## DIRECTIONS
Work through the material below and count the lines holding the word "each"; give that count and nothing more.
BEGIN INPUT RECORDS
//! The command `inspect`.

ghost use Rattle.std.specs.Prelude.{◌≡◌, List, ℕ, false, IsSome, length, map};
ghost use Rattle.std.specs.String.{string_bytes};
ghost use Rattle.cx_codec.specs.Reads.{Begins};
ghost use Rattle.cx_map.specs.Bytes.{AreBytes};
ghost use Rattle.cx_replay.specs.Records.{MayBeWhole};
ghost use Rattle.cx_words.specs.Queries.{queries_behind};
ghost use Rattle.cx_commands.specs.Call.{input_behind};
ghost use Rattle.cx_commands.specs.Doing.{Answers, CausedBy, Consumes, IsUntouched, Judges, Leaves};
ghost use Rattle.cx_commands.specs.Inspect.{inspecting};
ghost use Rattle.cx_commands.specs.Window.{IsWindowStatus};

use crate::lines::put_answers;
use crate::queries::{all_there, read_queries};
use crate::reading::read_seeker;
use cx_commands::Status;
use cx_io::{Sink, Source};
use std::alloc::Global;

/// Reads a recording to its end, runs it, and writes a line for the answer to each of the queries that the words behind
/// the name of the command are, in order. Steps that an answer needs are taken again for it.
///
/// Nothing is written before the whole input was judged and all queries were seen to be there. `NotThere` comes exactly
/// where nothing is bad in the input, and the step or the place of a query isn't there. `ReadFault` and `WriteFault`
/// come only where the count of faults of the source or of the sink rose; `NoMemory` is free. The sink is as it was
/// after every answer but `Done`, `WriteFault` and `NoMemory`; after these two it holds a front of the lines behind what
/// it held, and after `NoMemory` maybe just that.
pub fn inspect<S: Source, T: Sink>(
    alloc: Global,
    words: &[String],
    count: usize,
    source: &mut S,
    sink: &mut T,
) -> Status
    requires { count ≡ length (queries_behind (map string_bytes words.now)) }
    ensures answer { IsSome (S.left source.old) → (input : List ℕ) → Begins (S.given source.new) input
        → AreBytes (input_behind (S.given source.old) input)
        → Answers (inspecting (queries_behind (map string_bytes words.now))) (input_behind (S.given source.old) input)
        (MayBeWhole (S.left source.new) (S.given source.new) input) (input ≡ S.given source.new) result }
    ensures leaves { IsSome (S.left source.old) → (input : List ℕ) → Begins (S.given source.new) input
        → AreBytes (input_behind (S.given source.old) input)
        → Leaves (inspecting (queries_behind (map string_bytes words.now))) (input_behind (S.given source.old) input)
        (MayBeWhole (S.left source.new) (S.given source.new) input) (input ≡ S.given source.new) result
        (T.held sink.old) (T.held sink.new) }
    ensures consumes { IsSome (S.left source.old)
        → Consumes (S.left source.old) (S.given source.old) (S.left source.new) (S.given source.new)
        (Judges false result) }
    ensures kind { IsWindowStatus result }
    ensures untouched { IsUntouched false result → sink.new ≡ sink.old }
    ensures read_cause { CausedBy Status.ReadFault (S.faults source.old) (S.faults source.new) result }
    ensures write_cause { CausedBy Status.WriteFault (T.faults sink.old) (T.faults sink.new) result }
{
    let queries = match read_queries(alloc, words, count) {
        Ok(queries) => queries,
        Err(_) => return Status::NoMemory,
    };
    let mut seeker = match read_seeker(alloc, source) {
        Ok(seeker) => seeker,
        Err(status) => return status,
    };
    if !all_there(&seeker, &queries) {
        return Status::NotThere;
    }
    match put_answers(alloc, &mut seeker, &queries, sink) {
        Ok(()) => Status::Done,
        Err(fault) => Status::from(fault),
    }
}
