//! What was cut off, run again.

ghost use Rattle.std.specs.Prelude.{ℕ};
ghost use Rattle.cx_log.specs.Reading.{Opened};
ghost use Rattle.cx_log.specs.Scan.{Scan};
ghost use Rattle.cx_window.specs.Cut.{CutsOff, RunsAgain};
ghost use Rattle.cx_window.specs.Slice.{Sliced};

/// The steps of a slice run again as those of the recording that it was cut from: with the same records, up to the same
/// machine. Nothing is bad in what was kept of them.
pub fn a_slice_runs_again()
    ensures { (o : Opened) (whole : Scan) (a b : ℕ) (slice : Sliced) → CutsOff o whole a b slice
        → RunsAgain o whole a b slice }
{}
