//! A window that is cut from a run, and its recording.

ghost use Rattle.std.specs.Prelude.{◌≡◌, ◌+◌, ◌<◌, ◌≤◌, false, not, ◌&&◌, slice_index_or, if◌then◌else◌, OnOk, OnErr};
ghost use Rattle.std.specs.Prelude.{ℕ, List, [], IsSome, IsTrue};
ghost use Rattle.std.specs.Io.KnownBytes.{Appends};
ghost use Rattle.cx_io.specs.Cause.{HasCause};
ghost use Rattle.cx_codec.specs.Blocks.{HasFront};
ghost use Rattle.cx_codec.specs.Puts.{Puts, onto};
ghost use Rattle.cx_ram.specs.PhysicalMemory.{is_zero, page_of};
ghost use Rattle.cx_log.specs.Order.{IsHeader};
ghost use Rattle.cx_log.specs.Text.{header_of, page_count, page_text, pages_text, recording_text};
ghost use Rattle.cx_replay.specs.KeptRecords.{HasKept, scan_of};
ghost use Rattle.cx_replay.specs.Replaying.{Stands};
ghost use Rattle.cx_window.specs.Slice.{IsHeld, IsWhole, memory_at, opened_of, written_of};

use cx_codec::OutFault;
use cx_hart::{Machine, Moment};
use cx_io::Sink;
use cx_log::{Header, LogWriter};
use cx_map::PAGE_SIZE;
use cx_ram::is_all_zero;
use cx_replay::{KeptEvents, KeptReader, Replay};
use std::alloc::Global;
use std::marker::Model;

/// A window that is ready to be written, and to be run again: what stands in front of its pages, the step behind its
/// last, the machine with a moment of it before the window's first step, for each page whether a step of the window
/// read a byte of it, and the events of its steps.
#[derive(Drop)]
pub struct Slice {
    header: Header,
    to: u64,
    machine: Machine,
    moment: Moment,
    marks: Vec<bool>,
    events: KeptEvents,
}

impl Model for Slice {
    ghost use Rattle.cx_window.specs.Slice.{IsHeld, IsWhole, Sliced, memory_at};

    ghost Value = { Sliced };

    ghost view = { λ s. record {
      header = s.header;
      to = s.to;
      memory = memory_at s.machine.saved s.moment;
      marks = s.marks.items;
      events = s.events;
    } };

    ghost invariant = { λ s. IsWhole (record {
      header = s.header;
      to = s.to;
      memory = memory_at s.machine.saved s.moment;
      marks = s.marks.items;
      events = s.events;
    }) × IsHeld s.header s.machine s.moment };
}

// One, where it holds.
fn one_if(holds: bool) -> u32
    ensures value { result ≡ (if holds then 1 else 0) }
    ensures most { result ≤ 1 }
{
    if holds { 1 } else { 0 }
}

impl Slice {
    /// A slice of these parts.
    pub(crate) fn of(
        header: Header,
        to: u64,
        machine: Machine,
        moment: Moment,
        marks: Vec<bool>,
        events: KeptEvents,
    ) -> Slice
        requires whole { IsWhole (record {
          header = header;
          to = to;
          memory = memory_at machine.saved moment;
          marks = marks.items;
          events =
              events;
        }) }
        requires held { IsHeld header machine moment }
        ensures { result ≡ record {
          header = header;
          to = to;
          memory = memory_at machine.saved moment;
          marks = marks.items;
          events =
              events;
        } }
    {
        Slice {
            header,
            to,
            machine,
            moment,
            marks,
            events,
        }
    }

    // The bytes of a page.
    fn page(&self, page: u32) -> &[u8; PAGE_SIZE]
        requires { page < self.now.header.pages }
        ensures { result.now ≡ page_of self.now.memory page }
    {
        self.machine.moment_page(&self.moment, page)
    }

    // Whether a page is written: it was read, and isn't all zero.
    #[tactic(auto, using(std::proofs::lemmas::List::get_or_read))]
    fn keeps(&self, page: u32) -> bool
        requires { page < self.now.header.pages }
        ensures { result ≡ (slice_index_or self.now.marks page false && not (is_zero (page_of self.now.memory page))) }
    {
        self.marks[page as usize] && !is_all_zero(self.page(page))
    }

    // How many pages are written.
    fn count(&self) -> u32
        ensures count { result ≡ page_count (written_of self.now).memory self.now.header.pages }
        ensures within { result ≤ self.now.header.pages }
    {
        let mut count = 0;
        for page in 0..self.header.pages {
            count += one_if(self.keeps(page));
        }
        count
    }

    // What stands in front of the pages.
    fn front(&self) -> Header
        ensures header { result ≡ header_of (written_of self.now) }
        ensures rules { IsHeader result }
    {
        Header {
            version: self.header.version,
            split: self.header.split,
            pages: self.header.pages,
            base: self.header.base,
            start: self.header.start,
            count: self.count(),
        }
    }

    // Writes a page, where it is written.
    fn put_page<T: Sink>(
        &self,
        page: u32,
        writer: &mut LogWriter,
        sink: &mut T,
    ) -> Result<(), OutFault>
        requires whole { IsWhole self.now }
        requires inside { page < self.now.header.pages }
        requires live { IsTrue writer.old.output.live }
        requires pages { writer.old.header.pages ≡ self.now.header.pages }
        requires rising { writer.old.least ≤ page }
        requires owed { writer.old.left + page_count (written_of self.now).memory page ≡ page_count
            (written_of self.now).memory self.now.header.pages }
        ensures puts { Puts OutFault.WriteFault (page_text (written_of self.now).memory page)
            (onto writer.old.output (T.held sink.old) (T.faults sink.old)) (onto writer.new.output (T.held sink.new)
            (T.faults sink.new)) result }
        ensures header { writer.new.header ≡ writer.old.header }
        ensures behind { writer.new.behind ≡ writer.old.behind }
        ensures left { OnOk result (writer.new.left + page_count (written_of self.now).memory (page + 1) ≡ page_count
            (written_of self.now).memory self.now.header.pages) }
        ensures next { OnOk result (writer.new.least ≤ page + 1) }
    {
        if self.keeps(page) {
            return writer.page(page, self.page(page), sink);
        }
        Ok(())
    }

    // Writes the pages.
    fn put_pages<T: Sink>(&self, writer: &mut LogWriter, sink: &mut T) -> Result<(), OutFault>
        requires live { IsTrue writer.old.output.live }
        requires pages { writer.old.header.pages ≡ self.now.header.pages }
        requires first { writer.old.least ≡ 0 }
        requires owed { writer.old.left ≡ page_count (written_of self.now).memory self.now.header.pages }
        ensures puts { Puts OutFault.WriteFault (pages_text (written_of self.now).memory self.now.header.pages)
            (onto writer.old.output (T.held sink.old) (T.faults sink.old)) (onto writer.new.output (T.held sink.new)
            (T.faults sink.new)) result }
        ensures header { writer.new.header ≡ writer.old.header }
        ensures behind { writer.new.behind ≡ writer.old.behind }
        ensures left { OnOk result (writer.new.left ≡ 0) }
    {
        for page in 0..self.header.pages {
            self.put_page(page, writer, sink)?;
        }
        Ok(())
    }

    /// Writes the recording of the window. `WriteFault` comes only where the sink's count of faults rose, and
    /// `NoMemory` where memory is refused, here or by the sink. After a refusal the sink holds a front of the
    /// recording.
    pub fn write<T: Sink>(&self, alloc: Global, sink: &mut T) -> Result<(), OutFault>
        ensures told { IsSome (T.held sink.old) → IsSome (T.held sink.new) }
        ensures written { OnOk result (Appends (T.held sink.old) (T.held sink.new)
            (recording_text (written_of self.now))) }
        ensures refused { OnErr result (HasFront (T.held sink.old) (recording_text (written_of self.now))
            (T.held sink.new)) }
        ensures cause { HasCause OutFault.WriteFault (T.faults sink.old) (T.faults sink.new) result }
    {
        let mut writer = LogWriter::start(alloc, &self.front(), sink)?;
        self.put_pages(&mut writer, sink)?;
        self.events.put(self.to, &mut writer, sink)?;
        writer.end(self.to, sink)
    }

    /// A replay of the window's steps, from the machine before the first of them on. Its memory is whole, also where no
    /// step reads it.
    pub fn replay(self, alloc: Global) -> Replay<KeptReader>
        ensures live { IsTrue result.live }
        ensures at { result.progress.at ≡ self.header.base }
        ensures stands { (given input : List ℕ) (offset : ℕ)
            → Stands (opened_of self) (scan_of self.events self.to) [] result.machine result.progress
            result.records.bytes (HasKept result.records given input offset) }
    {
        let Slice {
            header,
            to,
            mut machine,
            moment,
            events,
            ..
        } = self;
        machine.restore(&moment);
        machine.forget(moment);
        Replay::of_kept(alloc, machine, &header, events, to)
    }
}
END INPUT RECORDS
## COMPLETED EXERCISE
2